**Records supplied**

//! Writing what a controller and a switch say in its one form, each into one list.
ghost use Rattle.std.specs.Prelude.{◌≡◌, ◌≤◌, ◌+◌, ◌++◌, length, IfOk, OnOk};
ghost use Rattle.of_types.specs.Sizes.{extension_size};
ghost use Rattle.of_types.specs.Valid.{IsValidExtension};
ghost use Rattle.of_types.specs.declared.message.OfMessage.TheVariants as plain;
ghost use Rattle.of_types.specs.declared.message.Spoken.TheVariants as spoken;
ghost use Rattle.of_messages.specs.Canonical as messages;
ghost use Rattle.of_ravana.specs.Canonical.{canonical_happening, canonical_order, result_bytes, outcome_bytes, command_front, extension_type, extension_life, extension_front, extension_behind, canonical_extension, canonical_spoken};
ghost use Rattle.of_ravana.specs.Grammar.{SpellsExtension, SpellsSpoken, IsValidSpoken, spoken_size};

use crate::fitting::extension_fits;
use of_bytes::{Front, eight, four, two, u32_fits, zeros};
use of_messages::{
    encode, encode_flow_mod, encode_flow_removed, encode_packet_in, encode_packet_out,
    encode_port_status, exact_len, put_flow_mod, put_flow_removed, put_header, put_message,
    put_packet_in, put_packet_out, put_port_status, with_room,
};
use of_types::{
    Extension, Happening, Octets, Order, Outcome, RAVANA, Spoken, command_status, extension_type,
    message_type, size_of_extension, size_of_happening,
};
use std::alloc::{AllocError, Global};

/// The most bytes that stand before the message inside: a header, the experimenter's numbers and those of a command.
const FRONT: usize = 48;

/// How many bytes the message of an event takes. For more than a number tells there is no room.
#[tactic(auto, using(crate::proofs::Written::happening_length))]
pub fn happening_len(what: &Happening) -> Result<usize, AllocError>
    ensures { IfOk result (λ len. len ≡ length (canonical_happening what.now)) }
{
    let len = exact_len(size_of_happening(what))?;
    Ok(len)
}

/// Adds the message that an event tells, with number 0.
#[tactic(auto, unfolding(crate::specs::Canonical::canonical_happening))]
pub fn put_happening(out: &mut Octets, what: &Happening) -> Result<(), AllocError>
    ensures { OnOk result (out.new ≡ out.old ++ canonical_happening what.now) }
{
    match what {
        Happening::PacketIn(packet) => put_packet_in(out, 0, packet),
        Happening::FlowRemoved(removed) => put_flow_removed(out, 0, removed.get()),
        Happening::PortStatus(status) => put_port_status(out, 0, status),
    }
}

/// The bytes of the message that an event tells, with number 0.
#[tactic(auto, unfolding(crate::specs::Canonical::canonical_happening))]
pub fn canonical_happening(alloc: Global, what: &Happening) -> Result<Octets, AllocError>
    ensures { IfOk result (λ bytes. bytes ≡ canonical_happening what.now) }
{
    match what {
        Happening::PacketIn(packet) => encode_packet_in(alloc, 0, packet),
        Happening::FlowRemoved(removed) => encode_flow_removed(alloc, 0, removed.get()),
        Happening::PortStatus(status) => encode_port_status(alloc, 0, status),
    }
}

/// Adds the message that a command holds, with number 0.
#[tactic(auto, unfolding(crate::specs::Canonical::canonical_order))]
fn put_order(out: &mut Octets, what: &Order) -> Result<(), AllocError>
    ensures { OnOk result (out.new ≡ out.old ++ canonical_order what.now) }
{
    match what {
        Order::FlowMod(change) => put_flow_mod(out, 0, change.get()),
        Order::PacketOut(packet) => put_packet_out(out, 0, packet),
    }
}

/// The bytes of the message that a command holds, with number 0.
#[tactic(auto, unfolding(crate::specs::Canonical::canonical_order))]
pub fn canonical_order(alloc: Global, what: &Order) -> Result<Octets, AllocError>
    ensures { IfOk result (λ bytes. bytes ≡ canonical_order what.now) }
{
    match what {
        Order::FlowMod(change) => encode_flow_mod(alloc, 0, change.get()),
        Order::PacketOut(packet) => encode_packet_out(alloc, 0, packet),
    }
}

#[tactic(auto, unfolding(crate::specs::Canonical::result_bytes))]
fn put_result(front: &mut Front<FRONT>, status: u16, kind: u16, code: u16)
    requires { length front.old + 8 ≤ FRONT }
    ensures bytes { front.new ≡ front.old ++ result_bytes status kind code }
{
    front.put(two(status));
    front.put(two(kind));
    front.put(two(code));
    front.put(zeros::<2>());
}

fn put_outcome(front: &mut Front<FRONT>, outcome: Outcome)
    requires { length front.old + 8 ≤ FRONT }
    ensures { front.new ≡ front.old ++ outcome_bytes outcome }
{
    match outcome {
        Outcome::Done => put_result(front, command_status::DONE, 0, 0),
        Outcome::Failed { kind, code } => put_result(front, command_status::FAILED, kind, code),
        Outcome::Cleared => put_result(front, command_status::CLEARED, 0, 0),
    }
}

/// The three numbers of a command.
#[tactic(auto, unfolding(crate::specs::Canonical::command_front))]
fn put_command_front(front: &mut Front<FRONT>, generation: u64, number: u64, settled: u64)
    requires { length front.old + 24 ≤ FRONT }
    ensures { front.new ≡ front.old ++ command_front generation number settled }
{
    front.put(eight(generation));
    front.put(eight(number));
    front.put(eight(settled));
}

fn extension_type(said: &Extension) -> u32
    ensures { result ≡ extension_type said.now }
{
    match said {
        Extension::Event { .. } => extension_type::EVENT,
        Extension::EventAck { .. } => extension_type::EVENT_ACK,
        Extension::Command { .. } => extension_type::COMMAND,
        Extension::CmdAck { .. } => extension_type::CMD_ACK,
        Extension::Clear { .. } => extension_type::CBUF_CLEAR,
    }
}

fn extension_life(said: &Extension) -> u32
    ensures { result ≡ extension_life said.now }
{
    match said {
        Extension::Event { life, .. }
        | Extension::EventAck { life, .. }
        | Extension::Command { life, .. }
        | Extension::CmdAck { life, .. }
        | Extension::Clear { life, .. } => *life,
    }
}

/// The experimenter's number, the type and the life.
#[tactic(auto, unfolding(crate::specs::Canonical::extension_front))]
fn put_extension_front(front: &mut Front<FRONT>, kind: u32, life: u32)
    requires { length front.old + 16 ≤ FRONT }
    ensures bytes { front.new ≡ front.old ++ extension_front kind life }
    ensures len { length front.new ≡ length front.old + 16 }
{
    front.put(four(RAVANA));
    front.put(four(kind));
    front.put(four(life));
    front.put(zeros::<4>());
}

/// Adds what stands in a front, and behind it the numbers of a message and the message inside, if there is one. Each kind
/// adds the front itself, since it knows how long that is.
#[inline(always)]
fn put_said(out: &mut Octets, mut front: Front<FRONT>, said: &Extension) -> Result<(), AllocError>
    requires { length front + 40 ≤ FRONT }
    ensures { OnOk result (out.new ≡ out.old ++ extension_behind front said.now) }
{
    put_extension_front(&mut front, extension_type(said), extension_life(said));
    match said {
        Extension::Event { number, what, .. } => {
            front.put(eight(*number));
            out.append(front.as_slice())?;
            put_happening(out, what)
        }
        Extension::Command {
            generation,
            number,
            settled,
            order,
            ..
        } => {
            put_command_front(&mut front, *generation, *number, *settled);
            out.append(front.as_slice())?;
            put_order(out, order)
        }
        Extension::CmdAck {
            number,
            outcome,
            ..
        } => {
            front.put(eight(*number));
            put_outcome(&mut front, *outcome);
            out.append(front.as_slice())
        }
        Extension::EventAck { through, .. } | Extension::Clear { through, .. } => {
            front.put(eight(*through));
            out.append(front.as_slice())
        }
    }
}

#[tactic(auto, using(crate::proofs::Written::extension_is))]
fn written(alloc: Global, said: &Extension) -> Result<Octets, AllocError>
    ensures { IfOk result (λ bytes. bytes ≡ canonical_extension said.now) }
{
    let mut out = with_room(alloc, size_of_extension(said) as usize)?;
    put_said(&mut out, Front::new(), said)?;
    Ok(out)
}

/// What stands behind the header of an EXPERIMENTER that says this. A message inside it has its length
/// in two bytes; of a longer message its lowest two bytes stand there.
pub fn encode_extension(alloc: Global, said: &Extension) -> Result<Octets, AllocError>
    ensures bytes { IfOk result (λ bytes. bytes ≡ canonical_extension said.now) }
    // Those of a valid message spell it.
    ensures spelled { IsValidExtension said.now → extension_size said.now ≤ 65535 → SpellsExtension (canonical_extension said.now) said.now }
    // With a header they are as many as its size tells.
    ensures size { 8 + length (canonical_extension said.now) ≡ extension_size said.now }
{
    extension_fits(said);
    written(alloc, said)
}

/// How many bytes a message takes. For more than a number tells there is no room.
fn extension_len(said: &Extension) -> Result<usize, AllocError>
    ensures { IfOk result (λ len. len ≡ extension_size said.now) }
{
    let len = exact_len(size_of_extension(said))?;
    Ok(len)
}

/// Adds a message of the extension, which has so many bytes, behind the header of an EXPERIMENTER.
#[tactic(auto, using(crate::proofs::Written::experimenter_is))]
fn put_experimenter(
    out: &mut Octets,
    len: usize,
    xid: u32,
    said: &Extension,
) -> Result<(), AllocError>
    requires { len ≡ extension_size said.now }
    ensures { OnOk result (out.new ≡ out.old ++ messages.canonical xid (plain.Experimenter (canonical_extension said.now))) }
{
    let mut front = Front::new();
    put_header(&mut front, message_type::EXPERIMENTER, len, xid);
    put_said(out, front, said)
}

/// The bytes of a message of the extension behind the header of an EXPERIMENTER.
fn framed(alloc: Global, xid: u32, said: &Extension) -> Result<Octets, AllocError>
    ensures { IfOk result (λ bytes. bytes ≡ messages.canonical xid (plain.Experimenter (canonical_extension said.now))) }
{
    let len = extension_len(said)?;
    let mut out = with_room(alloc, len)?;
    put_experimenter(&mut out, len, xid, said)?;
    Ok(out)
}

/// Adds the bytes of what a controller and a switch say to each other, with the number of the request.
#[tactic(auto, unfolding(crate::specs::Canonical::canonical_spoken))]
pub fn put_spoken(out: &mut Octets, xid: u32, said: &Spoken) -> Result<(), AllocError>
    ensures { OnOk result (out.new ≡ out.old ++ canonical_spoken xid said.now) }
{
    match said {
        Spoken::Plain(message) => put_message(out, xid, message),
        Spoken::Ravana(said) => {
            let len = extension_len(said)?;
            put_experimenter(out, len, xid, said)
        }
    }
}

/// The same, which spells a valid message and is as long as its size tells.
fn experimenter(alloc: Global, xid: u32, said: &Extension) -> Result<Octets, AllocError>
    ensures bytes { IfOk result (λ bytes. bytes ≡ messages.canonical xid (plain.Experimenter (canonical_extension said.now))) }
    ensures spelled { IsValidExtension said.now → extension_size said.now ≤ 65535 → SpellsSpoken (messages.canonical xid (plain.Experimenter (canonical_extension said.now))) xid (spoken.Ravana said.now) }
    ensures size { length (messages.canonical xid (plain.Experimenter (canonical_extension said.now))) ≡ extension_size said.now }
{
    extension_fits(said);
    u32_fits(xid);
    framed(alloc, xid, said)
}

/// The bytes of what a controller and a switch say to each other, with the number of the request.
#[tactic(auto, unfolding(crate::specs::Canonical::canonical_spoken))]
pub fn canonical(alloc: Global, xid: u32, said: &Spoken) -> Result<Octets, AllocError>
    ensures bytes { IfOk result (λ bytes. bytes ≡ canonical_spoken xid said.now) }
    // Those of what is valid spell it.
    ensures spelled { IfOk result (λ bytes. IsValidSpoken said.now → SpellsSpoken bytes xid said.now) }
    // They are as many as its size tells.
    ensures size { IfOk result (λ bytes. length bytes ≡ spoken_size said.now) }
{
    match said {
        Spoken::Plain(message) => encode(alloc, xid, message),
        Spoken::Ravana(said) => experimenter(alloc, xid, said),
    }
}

==

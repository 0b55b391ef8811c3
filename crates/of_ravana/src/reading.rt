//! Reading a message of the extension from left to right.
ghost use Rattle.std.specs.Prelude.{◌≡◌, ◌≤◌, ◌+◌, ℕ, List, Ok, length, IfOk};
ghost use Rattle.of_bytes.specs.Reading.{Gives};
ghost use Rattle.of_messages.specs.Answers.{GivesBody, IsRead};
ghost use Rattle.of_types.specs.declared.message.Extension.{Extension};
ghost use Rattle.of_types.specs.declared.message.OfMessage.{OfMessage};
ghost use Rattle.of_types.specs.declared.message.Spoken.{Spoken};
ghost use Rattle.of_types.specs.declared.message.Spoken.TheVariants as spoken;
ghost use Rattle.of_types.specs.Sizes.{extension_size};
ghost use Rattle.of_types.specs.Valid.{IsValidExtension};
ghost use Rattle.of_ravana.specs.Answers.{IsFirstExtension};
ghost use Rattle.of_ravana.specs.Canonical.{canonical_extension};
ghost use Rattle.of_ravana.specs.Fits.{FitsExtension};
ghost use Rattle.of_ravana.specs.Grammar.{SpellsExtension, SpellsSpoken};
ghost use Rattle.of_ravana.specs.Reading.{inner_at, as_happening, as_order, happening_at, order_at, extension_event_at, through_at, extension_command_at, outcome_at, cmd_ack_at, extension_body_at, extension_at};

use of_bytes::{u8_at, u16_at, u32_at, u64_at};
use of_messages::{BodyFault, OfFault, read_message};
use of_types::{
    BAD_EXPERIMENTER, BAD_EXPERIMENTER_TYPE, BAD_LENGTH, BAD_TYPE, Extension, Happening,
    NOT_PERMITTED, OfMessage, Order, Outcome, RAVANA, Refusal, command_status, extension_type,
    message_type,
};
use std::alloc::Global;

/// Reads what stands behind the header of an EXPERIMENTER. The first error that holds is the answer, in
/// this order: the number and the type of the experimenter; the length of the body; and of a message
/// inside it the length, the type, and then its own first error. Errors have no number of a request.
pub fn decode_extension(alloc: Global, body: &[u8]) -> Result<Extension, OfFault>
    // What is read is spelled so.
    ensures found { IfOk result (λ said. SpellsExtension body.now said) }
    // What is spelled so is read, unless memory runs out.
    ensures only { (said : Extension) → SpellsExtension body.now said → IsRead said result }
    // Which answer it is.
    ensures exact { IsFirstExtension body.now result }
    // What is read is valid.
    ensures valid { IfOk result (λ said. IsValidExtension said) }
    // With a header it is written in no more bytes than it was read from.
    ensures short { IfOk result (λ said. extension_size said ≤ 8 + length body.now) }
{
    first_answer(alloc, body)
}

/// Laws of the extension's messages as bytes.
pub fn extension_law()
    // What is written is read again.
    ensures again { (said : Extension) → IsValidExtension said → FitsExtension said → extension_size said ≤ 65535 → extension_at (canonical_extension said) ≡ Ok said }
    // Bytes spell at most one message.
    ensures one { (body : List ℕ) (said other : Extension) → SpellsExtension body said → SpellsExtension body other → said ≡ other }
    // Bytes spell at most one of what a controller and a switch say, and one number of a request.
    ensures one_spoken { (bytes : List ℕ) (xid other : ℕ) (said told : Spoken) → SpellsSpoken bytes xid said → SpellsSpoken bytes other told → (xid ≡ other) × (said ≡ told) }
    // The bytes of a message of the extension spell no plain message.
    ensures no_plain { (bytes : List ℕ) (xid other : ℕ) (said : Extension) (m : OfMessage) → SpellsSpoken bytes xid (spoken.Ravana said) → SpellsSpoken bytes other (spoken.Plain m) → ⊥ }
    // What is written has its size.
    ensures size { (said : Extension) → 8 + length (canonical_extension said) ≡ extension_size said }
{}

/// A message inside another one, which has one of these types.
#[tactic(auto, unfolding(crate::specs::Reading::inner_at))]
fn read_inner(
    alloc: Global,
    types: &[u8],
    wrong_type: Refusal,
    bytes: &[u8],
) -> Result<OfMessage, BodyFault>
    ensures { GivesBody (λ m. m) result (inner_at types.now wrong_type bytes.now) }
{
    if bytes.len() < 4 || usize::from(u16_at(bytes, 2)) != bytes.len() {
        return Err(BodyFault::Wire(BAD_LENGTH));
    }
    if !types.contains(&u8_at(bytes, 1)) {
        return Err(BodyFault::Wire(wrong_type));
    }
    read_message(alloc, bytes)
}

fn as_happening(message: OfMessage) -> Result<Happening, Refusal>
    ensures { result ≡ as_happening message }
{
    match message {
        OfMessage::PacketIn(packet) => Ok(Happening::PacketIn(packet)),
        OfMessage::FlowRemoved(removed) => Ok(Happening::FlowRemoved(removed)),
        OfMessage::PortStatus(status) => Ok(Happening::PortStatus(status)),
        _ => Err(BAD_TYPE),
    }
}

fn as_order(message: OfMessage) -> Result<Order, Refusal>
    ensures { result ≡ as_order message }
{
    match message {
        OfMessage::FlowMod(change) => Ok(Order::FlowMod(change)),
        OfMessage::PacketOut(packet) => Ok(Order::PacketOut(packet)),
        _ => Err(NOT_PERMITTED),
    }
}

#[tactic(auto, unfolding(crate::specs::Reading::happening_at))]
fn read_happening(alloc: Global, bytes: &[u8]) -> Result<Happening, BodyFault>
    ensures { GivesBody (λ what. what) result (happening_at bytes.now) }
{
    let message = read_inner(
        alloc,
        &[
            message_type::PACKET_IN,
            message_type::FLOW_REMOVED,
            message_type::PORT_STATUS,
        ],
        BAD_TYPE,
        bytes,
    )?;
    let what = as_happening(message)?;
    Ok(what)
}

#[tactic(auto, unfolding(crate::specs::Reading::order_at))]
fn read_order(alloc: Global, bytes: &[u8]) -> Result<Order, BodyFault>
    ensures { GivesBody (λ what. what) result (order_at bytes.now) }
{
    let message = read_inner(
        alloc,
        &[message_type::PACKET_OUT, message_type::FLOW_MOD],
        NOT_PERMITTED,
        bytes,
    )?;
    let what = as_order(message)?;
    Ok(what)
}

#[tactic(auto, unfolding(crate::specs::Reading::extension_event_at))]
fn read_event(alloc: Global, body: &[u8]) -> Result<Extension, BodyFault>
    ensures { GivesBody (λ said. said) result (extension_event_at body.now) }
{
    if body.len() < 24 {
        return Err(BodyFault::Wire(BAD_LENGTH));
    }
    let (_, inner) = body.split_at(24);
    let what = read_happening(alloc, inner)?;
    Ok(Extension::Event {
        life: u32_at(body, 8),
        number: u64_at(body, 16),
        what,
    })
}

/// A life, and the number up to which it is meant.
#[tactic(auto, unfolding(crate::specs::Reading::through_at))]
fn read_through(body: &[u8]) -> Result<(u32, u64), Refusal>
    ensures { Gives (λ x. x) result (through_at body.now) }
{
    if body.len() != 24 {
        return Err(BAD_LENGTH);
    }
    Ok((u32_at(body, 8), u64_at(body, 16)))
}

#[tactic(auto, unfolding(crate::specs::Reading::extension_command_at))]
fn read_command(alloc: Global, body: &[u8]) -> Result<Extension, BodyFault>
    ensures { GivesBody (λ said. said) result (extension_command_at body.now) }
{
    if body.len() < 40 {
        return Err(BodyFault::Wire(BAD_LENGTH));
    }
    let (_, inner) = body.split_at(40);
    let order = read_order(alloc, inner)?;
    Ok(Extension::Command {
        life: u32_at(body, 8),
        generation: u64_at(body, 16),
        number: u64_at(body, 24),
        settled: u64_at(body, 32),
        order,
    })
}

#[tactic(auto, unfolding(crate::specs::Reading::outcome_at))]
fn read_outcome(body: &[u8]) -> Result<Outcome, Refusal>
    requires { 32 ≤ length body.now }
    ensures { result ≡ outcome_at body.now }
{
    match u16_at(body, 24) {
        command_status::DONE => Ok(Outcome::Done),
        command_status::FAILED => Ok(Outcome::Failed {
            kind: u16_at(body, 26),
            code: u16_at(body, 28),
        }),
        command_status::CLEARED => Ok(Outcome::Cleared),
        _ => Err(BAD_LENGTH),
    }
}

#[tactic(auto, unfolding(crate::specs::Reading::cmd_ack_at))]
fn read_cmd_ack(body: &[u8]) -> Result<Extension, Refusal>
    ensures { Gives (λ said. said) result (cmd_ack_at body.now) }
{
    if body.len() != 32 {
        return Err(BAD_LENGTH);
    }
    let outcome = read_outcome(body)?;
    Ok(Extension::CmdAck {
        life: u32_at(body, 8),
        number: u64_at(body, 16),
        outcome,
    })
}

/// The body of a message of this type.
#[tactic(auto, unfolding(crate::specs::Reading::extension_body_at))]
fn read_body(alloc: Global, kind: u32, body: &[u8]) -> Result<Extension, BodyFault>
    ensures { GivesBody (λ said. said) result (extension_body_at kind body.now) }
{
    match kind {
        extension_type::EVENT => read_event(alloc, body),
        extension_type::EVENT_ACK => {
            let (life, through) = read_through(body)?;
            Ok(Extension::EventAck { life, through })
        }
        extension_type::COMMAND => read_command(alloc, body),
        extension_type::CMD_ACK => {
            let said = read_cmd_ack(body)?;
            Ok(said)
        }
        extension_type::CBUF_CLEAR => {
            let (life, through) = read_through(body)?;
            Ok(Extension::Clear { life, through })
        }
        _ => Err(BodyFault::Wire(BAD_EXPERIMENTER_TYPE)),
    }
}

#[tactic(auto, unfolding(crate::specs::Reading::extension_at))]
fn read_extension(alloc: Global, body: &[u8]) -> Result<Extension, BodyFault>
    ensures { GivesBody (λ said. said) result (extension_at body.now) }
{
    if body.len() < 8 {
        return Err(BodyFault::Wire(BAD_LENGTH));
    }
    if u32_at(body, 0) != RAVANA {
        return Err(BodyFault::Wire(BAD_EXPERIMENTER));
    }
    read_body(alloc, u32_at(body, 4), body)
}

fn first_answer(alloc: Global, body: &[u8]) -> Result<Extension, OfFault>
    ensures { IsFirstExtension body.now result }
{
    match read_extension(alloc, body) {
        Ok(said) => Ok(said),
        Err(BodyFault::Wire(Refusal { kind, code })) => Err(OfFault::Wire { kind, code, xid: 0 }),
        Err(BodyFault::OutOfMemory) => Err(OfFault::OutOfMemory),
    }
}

**Assigned task**
Scan the entries above for the string "more" and copy each line that contains it.

**Written answer**
/// How many bytes the message of an event takes. For more than a number tells there is no room.
/// How many bytes a message takes. For more than a number tells there is no room.
    // With a header it is written in no more bytes than it was read from.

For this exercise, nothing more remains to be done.